Early Hadoop Projects Hitting Data Security Pangs

Many organizations adopt Hadoop and leverage existing business intelligence systems, using both legacy systems and the new NoSQL cluster storage model to increase visibility, Schreiber said. Enterprises that started several years ago have migrated data from mainframe systems to the large storage clusters. Other firms continue to maintain data connections to legacy mainframe storage environments while engineers plan out a data migration strategy, experts say. 

A Netflix project that involved a 500-node analytics cluster was spun up using masking to protect sensitive data. The project took eight hours. If data scientists probe the data with the right questions, the analytics can reveal a great deal of insight, said  Adrian Lane, a security industry veteran, who serves as an analyst and chief technology officer at Phoenix, Ariz.-based research firm Securosis.

"When entrenched in legacy land, newer more agile NoSQL is blowing that out of the water and organizations that want to be faster, more agile and more efficient can do it with these tools," Lane said. "If you are spinning up new cluster it can take only a matter of hours before you start pulling data in."

Lane has been researching the information security practices associated with Hadoop. Early Hadoop projects began with mainly implementations of Palo Alto, Calif.-based Cloudera and its early Apache Hadoop-based software. Some early adopters used San Jose, Calif.-based MapR's Hadoop-based software. In 2013, experts tell CRN that enterprises are increasingly adopting Hadoop software developed by HortonWorks, also based in Palo Alto.  Database systems often connected to big data implementations include Apache Cassandra, the open source distributed database management system and Austin, Texas-based DataStax, a maker of a NoSQL database management system.

A variety of vendors provide data security for Hadoop, including Vormetric, Protegrity and Voltage, which specialize in data tokenization and encryption among other vendors, Lane said. Informatica, which sells data integration products, is one of the largest firms providing data masking and other protection measures for big data projects, Lane said.

In addition to insider threats that pose the risk of data exposure or loss, Web-based applications pose a risk to an intrusion, Lane said. Web-based applications that provide analytics should be checked for software vulnerabilities, he said.
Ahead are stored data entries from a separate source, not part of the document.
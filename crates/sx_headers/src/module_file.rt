//! The steps that read a module's header.

ghost use Rattle.std.specs.Prelude.{◌≤◌, IfOk, length};
ghost use Rattle.sx_outside.specs.Told.{WhereTold};
ghost use Rattle.sx_steps.specs.Stop.{Gives, OnlyReads, IsNoFault};
ghost use Rattle.sx_headers.specs.ReadModule.{module_of, HasHeader, StatesModule, ReadsModule};
ghost use Rattle.sx_term.specs.Limits.{most_bytes};

use crate::header_stops::bad_header;
use std::alloc::Global;
use sx_interface::{Header, read_header};
use sx_outside::Shelf;
use sx_steps::{StepError, read_file};
use sx_term::{MOST_BYTES, Text};

/// The bytes of a module's file, or of its base file, and their header.
#[derive(Drop)]
pub struct ModuleFile {
    pub bytes: Vec<u8>,
    pub header: Header,
}

/// The header that the bytes of the file state.
fn state_module(
    alloc: Global,
    file: &Text,
    name: &Text,
    bytes: Vec<u8>,
) -> Result<ModuleFile, StepError>
    requires { length bytes.items ≤ most_bytes }
    ensures step { Gives module_of (StatesModule file.now name.now bytes.items) result }
    ensures short { IfOk result (λ m. length m.bytes.items ≤ most_bytes) }
    ensures headed { IfOk result (λ m. HasHeader name.now m.bytes.items (module_of m)) }
    ensures no_fault { IsNoFault result }
{
    match read_header(alloc, name, &bytes) {
        Ok(header) => Ok(ModuleFile { bytes, header }),
        Err(error) => {
            drop(bytes);
            match bad_header(alloc, file, error) {
                Ok(stop) => Err(StepError::Stopped(stop)),
                Err(_) => Err(StepError::Memory),
            }
        }
    }
}

/// The header in the file, of the module with this name.
pub fn read_module<S: Shelf>(
    alloc: Global,
    file: &Text,
    name: &Text,
    shelf: &mut S,
) -> Result<ModuleFile, StepError>
    ensures step { WhereTold (S.content shelf.old)
        (λ files. Gives module_of (ReadsModule file.now name.now files) result) }
    ensures short { IfOk result (λ m. length m.bytes.items ≤ most_bytes) }
    ensures headed { IfOk result (λ m. HasHeader name.now m.bytes.items (module_of m)) }
    ensures reads { OnlyReads (S.content shelf.old) (S.content shelf.new)
        (S.read_faults shelf.old) (S.read_faults shelf.new)
        (S.write_faults shelf.old) (S.write_faults shelf.new) result }
{
    match read_file(alloc, file, MOST_BYTES, shelf) {
        Ok(bytes) => state_module(alloc, file, name, bytes),
        Err(e) => Err(e),
    }
}
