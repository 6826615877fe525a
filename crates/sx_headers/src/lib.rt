//! The steps that read headers and interfaces of modules from their files.
//!
//! - `read_module`: the header in a module's file, or in its base file. `read_interface_file`: the
//!   interface of a module.
//! - `row_line`: the line of a row of a header. `check_imports`: the names of a module's imports
//!   are no literals of its language.
//! - `uncut_text`, `unread_text`: the stops of texts of modules that are not read.
#![tactic(auto)]

mod free_imports;
mod header_rows;
mod header_stops;
mod interface_file;
mod module_file;
mod text_stops;

pub use free_imports::check_imports;
pub use header_rows::row_line;
pub use header_stops::{bad_header, bad_line_of_header};
pub use interface_file::{InterfaceFile, read_interface_file};
pub use module_file::{ModuleFile, read_module};
pub use text_stops::{uncut_text, unread_text};
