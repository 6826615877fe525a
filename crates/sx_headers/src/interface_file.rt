//! The steps that read the interface of a module.

ghost use Rattle.std.specs.Prelude.{◌≤◌, IfOk, length};
ghost use Rattle.sx_outside.specs.Told.{WhereTold};
ghost use Rattle.sx_steps.specs.Stop.{Gives, OnlyReads, IsNoFault};
ghost use Rattle.sx_headers.specs.ReadInterface.{held_interface, HasInterface, StatesParts};
ghost use Rattle.sx_headers.specs.ReadInterface.{ReadsInterface};
ghost use Rattle.sx_term.specs.Limits.{most_bytes};

use crate::header_stops::bad_header;
use std::alloc::Global;
use sx_interface::{Interface, read_interface};
use sx_outside::Shelf;
use sx_steps::{StepError, read_file};
use sx_term::{MOST_BYTES, Text};

/// The bytes of an interface's file, and the interface.
#[derive(Drop)]
pub struct InterfaceFile {
    pub bytes: Vec<u8>,
    pub interface: Interface,
}

/// The interface that the bytes of the file state.
fn state_interface(
    alloc: Global,
    file: &Text,
    name: &Text,
    bytes: Vec<u8>,
) -> Result<InterfaceFile, StepError>
    requires { length bytes.items ≤ most_bytes }
    ensures step { Gives held_interface (StatesParts file.now name.now bytes.items) result }
    ensures short { IfOk result (λ i. length i.bytes.items ≤ most_bytes) }
    ensures stated { IfOk result (λ i. HasInterface name.now i.bytes.items (held_interface i)) }
    ensures no_fault { IsNoFault result }
{
    match read_interface(alloc, name, &bytes) {
        Ok(interface) => Ok(InterfaceFile { bytes, interface }),
        Err(error) => {
            drop(bytes);
            match bad_header(alloc, file, error) {
                Ok(stop) => Err(StepError::Stopped(stop)),
                Err(_) => Err(StepError::Memory),
            }
        }
    }
}

/// The interface in the file, of the module with this name.
pub fn read_interface_file<S: Shelf>(
    alloc: Global,
    file: &Text,
    name: &Text,
    shelf: &mut S,
) -> Result<InterfaceFile, StepError>
    ensures step { WhereTold (S.content shelf.old)
        (λ files. Gives held_interface (ReadsInterface file.now name.now files) result) }
    ensures short { IfOk result (λ i. length i.bytes.items ≤ most_bytes) }
    ensures stated { IfOk result (λ i. HasInterface name.now i.bytes.items (held_interface i)) }
    ensures reads { OnlyReads (S.content shelf.old) (S.content shelf.new)
        (S.read_faults shelf.old) (S.read_faults shelf.new)
        (S.write_faults shelf.old) (S.write_faults shelf.new) result }
{
    match read_file(alloc, file, MOST_BYTES, shelf) {
        Ok(bytes) => state_interface(alloc, file, name, bytes),
        Err(e) => Err(e),
    }
}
"You've got a soup of Web based technologies that work in concert with some big data tools and all of them have their own set of issues," Lane said.

The underlying kernel management, query components and other processes that initiate the core pieces of the NoSQL environment can also be targeted by an attacker.

Some businesses address security via a walled garden approach, putting a Hadoop cluster behind infrastructure to prevent intrusion, Lane said. Other firms protect the cluster itself by implementing security controls such as Kerberos for authentication, he said. A third approach involves protecting data before it goes into the cluster by implementing data masking, tokenization or format preserving encryption.

Businesses can also leverage the cluster for monitoring log activity by either creating a custom application for monitoring, using third-party products or feeding the log data into a security information event management system, Lane said.

Cloudwick's Schreiber said it is still the early days for big data projects and technologies for data security are rapidly emerging. Threats exist and businesses will use a variety of options to provide security controls, layering them in as part of a traditional defensive model, he said.

"Unfortunately data security issues are going to continue to exist until systems and applications have built in defensive capabilities," Schreiber said.  "I think the vast amount of Hadoop early adopters are doing their due diligence to mitigate risks, because the alternative would be a massive breach or embarrassing data exposure."